L to R: Oliver Nevels, guitar; Larry Smith, alto sax; Greg Cook on bass; RJ Spangler, drums. Listeners were treated to standards from the jazz book, beginning with Body and Soul, 1930 music by Johnny Green, lyrics by Edward Heyman, Robert Sour and Frank Eyton.

The audience asked for Take Five composed by Paul Desmond, debuted with the Dave Brubeck Quartet on their 1959 album, Time Out. Take Five had a piano lead for Brubeck - we heard a George Benson arrangement featuring Oliver Nevels on guitar.

Take the A Train, composed by Duke Ellington. RJ shared the backstory on this classic: Billy Strayhorn had been sending compositions, arrangements to Ellington. The Duke finally told him he probably needed to join the Ellington organization. How to get there? The rest is superb jazz music history.

We heard Larry Smith's long rich music background, told by RJ, and - just so we didn't think it was myth - confirmed by Downbeat magazine. Larry went to high school with Henry Mancini! In Pittsburgh, he played with a George Benson R&B group. Benson noticed Smith wasn't playing the R&B grooves. What do you call what you're playing? Smith took him to a place with a jukebox, put a dime in the slot and Benson asked "who we listening to?" Smith responded, "Bird." "What's a bird?" And once more, the rest is jazz music history. 

After the concert I asked Larry Smith what maker built his horn.
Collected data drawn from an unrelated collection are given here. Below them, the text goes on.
/// The reports of worked examples, which were found by hand.
const REPORTS: &[Expected] = &[
    // Strong under each assignment.
    Expected {
        text: INVERTER,
        reset: false,
        ant: &[("a", Value::One, Value::P, 0, 1)],
        con: &[("y", Value::One, Value::P, 0, 1)],
        max: 8,
        verdict: Verdict::Strong,
        strong: &[&[]],
        weak: &[],
        contradictory: &[],
        more: false,
        least: Some(&[false, false]),
        fails: Some(("y", 0)),
        run: Some(&[&[false], &[true]]),
    },
    // Weak: no run is due.
    Expected {
        text: INVERTER,
        reset: false,
        ant: &[],
        con: &[("y", Value::One, Value::NotP, 0, 1)],
        max: 8,
        verdict: Verdict::Weak,
        strong: &[],
        weak: &[&[]],
        contradictory: &[],
        more: false,
        least: Some(&[false, false]),
        fails: Some(("y", 0)),
        run: None,
    },
    // Contradictory where two variables differ.
    Expected {
        text: INVERTER,
        reset: false,
        ant: &[
            ("a", Value::One, Value::P, 0, 1),
            ("a", Value::One, Value::Q, 0, 1),
        ],
        con: &[("y", Value::One, Value::NotP, 0, 1)],
        max: 8,
        verdict: Verdict::Pass,
        strong: &[],
        weak: &[],
        contradictory: &[&[(0, false), (1, true)], &[(0, true), (1, false)]],
        more: false,
        least: None,
        fails: None,
        run: None,
    },
    // The same with room for one cube.
    Expected {
        text: INVERTER,
        reset: false,
        ant: &[
            ("a", Value::One, Value::P, 0, 1),
            ("a", Value::One, Value::Q, 0, 1),
        ],
        con: &[("y", Value::One, Value::NotP, 0, 1)],
        max: 1,
        verdict: Verdict::Pass,
        strong: &[],
        weak: &[],
        contradictory: &[&[(0, false), (1, true)]],
        more: true,
        least: None,
        fails: None,
        run: None,
    },
    // At time 1 the antecedent says nothing.
    Expected {
        text: INVERTER,
        reset: false,
        ant: &[("a", Value::One, Value::P, 0, 1)],
        con: &[("y", Value::One, Value::NotP, 0, 2)],
        max: 8,
        verdict: Verdict::Weak,
        strong: &[],
        weak: &[&[]],
        contradictory: &[],
        more: false,
        least: Some(&[false, false]),
        fails: Some(("y", 1)),
        run: None,
    },
    // The antecedent asks of a gate's output, so no run is due.
    Expected {
        text: INVERTER,
        reset: false,
        ant: &[("y", Value::One, Value::P, 0, 1)],
        con: &[("y", Value::One, Value::NotP, 0, 1)],
        max: 8,
        verdict: Verdict::Strong,
        strong: &[&[]],
        weak: &[],
        contradictory: &[],
        more: false,
        least: Some(&[false, false]),
        fails: Some(("y", 0)),
        run: None,
    },
    // A guard.
    Expected {
        text: INVERTER,
        reset: false,
        ant: &[("a", Value::One, Value::P, 0, 1)],
        con: &[("y", Value::P, Value::One, 0, 1)],
        max: 8,
        verdict: Verdict::Strong,
        strong: &[&[(0, true)]],
        weak: &[],
        contradictory: &[],
        more: false,
        least: Some(&[true, false]),
        fails: Some(("y", 0)),
        run: Some(&[&[true], &[false]]),
    },
    // A latch begins with its initial value, and follows its input.
    Expected {
        text: LATCH,
        reset: true,
        ant: &[("d", Value::One, Value::P, 0, 1)],
        con: &[("q", Value::One, Value::NotP, 1, 2)],
        max: 8,
        verdict: Verdict::Strong,
        strong: &[&[]],
        weak: &[],
        contradictory: &[],
        more: false,
        least: Some(&[false, false]),
        fails: Some(("q", 1)),
        run: Some(&[&[false, false], &[true, false]]),
    },
    // With p the output is strong and the other input is weak: such an assignment is strong alone.
    // It is the second consequent that fails strongly.
    Expected {
        text: AND_GATE,
        reset: false,
        ant: &[("a", Value::P, Value::Zero, 0, 1)],
        con: &[
            ("b", Value::One, Value::One, 0, 1),
            ("y", Value::One, Value::One, 0, 1),
        ],
        max: 8,
        verdict: Verdict::Strong,
        strong: &[&[(0, true)]],
        weak: &[&[(0, false)]],
        contradictory: &[],
        more: false,
        least: Some(&[true, false]),
        fails: Some(("y", 0)),
        run: Some(&[&[false], &[false], &[false]]),
    },
    // The first time decides, and there the first consequent in text order.
    Expected {
        text: INVERTER,
        reset: false,
        ant: &[("a", Value::One, Value::P, 0, 2)],
        con: &[
            ("y", Value::One, Value::P, 1, 2),
            ("a", Value::One, Value::NotP, 0, 2),
            ("y", Value::One, Value::P, 0, 1),
        ],
        max: 8,
        verdict: Verdict::Strong,
        strong: &[&[]],
        weak: &[],
        contradictory: &[],
        more: false,
        least: Some(&[false, false]),
        fails: Some(("a", 0)),
        run: Some(&[&[false, false], &[true, true]]),
    },
];

/// Whether a list has these cubes.
fn has_cubes(list: &CubeList, cubes: Cubes) -> bool {
    list.cubes.len() == cubes.len()
        && list
            .cubes
            .as_slice()
            .iter()
            .zip(cubes)
            .all(|(cube, literals)| is_cube(cube.as_slice(), literals))
}

/// Whether a cube has these literals.
fn is_cube(cube: &[(VarId, bool)], literals: &[(u32, bool)]) -> bool {
    cube.len() == literals.len()
        && cube
            .iter()
            .zip(literals)
            .all(|(one, other)| one.0.0 == other.0 && one.1 == other.1)
}

/// Whether a run has these rows.
fn has_rows(run: &Run, rows: &[&[bool]]) -> bool {
    run.rows.len() == rows.len()
        && run
            .rows
            .as_slice()
            .iter()
            .zip(rows)
            .all(|(row, bits)| row.as_slice() == *bits)
}

/// Whether a report has the lists that it should have.
fn has_lists(report: &Report, expected: &Expected) -> bool {
    let guards = &report.guards;
    has_cubes(&guards.strong, expected.strong)
        && has_cubes(&guards.weak, expected.weak)
        && has_cubes(&guards.contradictory, expected.contradictory)
        && guards.contradictory.more == expected.more
}

/// Whether it has the least assignment.
fn has_least(report: &Report, expected: &Expected) -> bool {
    match (&report.least, expected.least) {
        (None, None) => true,
        (Some(bits), Some(least)) => bits.as_slice() == least,
        _ => false,
    }
}

/// Whether it has the failing place.
fn has_place(report: &Report, names: &NetNames, expected: &Expected) -> bool {
    match (report.fails, expected.fails) {
        (None, None) => true,
        (Some((node, t)), Some((name, time))) => {
            names.resolve(name.as_bytes()) == Some(node) && t == time
        }
        _ => false,
    }
}

/// Whether it has the run.
fn has_run(report: &Report, expected: &Expected) -> bool {
    match (&report.run, expected.run) {
        (None, None) => true,
        (Some(run), Some(rows)) => has_rows(run, rows),
        _ => false,
    }
}

/// Whether a report has all that it should have.
fn has_all(report: &Report, names: &NetNames, expected: &Expected) -> bool {
    report.verdict == expected.verdict
        && has_lists(report, expected)
        && has_least(report, expected)
        && has_place(report, names, expected)
        && has_run(report, expected)
}

/// Whether the report of a worked example has all that it should have.
fn is_reported(alloc: Global, ready: &Ready, expected: &Expected) -> Result<bool, Fail> {
    let (report, _) = report_of(
        alloc,
        ready,
        expected.reset,
        expected.ant,
        expected.con,
        1000,
        expected.max,
    )?;
    Ok(has_all(&report, &ready.names, expected))
}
Bundy Selmer. He told us how saxophones used to be made of a combination of silver, brass and gold; offering a rich tonal resonance he doesn't hear in the new brass horns. My Dad's tenor saxophone is a Herb Couf instrument, and it still breathes music in the hands of Tony Lustig in NYC. Larry also talked about always having that special reed on hand, along with backup.

The concert closed with Watch What Happens, composed by Michel leGrand; a song that gives me goosebumps every time I hear it. Known for his movie scores (The Umbrellas of Cherbourg, The Thomas Crown Affair) leGrand wrote just as eloquently in jazz. Still composing, still musically strong, his 85 Concerts for My 85th Birthday World Tour is getting underway. Concert dates will be released by the end of this month 2016.

I'm missing one of the tunes because I got lost in hearing my Dad play his tenor in my mind, the background music to my whole life. When I was little, I went with him to rehearsals, usually in somebody's basement. I knew the words to Deep Purple, Little White Lie, and Darn That Dream before I was six. My father is second from the left, saxes. At the piano is Joe Fredal, our family's future dentist.

One of the days I was remembering yesterday afternoon. Dad on that gorgeous Herb Couf tenor, me on my Great Aunt Suoma's little organ. He's using a jazz mouthpiece! I didn't remember he even owned one of those. For my medicine bag when I was fighting cancer, I asked loved ones to contribute a powerful talisman to kick that mess. My father gave me a saxophone reed. One more beautiful example of the healing power of music, and the importance of always having that special reed on hand. And a backup.